### The task
Print, in exact form, the lines below from the one containing "outs.set_room(to, room)" through the one containing "pub fn side(disk: &MemDisk, side: u32)", and omit all others.

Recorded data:
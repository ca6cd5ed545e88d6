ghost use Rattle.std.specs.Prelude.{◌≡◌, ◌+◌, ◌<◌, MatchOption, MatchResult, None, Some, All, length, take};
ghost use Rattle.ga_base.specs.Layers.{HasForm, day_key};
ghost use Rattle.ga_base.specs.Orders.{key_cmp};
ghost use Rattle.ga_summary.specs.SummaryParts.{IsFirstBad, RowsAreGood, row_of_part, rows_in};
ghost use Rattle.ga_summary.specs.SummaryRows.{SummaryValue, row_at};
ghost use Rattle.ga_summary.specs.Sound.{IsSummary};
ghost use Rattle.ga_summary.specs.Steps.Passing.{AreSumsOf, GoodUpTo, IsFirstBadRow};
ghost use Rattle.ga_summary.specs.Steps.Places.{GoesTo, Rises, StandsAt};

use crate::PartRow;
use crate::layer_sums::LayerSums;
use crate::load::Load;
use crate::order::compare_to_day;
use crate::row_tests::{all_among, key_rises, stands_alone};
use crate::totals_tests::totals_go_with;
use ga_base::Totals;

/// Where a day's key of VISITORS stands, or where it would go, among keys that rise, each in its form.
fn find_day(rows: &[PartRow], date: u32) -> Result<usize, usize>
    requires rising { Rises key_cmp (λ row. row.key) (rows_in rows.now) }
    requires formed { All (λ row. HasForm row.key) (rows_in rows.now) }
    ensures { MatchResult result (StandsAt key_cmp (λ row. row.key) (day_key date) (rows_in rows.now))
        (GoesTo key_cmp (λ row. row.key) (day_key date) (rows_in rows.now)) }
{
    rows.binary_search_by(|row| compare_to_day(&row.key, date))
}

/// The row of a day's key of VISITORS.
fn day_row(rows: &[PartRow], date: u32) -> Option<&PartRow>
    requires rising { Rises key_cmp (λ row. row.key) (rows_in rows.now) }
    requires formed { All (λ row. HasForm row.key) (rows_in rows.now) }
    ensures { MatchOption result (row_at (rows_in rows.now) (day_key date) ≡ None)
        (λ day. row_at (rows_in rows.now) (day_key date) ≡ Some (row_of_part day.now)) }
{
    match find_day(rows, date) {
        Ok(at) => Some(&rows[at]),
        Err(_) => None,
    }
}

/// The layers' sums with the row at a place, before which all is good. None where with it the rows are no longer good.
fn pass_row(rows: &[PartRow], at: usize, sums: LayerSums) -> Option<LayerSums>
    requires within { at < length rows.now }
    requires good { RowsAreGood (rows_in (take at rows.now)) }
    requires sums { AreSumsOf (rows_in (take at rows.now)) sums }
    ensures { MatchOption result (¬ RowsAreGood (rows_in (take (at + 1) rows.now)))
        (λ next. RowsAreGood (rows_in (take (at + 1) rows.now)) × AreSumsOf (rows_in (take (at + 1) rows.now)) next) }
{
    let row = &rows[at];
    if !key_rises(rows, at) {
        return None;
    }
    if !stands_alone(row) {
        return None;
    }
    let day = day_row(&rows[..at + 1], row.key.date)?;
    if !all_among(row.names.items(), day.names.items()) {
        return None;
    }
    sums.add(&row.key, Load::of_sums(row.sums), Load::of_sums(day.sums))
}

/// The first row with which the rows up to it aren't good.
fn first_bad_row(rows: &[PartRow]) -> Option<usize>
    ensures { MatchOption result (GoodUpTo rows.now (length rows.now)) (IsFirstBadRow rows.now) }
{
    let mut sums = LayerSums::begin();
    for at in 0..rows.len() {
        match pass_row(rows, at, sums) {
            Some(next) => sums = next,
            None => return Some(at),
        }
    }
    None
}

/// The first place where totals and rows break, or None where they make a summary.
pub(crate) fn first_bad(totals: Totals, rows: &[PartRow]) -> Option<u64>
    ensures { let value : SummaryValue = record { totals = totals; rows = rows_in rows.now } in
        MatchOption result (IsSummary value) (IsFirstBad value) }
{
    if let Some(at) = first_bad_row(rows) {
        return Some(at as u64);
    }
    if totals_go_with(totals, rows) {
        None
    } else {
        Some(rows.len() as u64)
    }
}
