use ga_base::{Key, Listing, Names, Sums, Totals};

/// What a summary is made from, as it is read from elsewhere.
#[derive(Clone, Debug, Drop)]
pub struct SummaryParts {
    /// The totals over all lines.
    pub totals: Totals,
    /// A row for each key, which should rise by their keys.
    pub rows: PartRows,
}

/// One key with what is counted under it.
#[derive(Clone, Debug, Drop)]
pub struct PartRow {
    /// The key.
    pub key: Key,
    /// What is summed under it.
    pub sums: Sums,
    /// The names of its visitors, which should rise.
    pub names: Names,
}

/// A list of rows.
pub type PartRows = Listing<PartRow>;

---

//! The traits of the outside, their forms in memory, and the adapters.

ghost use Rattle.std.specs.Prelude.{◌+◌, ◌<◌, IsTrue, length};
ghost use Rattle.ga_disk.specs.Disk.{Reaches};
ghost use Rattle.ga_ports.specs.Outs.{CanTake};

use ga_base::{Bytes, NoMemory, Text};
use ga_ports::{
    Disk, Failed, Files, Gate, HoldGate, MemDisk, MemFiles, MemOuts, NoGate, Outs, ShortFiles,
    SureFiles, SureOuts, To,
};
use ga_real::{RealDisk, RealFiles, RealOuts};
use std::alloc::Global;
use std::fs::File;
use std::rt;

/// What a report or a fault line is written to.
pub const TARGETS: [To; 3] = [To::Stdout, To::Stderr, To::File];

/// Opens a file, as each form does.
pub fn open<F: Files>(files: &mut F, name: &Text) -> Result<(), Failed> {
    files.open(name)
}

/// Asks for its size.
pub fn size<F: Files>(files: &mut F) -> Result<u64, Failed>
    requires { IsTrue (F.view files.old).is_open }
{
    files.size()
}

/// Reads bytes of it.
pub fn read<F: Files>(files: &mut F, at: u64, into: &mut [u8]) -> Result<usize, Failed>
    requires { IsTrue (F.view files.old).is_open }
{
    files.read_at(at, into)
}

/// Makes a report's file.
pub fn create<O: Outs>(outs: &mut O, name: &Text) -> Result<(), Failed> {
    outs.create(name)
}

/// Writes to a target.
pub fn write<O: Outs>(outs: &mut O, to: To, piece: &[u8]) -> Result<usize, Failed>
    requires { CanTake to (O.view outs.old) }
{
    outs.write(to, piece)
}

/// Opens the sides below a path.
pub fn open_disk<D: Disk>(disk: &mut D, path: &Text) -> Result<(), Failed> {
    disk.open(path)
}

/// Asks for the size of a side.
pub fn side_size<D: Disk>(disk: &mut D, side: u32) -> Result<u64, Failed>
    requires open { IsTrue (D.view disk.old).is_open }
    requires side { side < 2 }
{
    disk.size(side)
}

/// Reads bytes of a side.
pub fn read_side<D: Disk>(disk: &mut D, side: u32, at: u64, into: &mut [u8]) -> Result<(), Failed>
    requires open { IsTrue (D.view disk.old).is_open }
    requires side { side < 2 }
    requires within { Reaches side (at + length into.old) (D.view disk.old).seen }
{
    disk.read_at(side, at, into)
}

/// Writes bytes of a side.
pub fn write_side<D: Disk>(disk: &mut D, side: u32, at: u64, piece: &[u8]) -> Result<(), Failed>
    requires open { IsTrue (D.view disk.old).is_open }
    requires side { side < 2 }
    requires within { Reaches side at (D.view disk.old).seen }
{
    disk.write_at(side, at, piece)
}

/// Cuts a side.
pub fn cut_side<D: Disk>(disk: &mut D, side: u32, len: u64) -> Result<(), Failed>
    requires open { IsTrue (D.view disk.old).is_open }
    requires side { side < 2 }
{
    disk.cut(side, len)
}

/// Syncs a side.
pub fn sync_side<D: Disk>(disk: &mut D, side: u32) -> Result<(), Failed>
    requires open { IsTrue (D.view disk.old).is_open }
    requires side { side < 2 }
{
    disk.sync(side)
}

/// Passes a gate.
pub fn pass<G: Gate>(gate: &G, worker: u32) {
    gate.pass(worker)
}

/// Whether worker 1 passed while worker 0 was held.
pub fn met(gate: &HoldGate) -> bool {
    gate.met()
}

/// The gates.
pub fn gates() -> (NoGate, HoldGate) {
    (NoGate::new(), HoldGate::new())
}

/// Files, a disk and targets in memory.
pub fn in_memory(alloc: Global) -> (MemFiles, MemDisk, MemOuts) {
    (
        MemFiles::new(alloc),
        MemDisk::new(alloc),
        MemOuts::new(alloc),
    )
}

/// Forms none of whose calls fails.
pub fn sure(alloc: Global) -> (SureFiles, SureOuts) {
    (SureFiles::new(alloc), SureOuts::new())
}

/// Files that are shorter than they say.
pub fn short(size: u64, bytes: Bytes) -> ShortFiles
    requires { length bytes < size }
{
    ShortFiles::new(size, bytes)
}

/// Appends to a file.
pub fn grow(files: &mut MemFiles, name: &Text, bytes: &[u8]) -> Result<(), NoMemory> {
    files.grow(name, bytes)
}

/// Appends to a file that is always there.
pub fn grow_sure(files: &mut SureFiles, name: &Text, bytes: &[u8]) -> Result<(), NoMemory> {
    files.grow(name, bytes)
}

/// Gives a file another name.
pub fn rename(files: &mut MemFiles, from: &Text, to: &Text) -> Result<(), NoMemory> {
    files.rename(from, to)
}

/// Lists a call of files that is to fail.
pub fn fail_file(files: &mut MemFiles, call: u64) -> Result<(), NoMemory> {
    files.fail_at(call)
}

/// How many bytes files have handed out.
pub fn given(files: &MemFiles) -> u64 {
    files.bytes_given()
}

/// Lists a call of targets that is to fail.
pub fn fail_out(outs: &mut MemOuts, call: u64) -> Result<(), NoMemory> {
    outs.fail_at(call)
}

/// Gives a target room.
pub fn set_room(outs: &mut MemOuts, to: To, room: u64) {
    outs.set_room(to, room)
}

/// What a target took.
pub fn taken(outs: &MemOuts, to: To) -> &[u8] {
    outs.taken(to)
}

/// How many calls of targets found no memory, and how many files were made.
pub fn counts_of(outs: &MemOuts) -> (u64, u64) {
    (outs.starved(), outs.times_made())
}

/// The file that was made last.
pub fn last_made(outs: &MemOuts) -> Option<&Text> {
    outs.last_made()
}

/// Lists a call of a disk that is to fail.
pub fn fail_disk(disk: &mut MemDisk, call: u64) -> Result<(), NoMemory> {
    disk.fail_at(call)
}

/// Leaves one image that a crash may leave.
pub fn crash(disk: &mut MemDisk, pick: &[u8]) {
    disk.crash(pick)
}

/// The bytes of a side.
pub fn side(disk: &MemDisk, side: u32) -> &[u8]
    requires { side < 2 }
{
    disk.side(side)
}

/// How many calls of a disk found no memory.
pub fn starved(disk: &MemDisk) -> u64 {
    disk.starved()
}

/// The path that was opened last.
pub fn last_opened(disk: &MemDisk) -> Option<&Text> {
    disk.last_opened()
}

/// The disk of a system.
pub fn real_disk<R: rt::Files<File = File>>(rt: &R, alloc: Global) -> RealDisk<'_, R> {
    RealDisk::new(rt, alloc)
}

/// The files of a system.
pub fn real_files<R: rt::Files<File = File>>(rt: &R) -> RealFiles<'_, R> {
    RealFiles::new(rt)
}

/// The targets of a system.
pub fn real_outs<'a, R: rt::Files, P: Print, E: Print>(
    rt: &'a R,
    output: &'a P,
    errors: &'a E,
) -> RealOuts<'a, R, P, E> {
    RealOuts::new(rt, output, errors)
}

### Response area
    outs.set_room(to, room)
}

/// What a target took.
pub fn taken(outs: &MemOuts, to: To) -> &[u8] {
    outs.taken(to)
}

/// How many calls of targets found no memory, and how many files were made.
pub fn counts_of(outs: &MemOuts) -> (u64, u64) {
    (outs.starved(), outs.times_made())
}

/// The file that was made last.
pub fn last_made(outs: &MemOuts) -> Option<&Text> {
    outs.last_made()
}

/// Lists a call of a disk that is to fail.
pub fn fail_disk(disk: &mut MemDisk, call: u64) -> Result<(), NoMemory> {
    disk.fail_at(call)
}

/// Leaves one image that a crash may leave.
pub fn crash(disk: &mut MemDisk, pick: &[u8]) {
    disk.crash(pick)
}

/// The bytes of a side.
pub fn side(disk: &MemDisk, side: u32) -> &[u8]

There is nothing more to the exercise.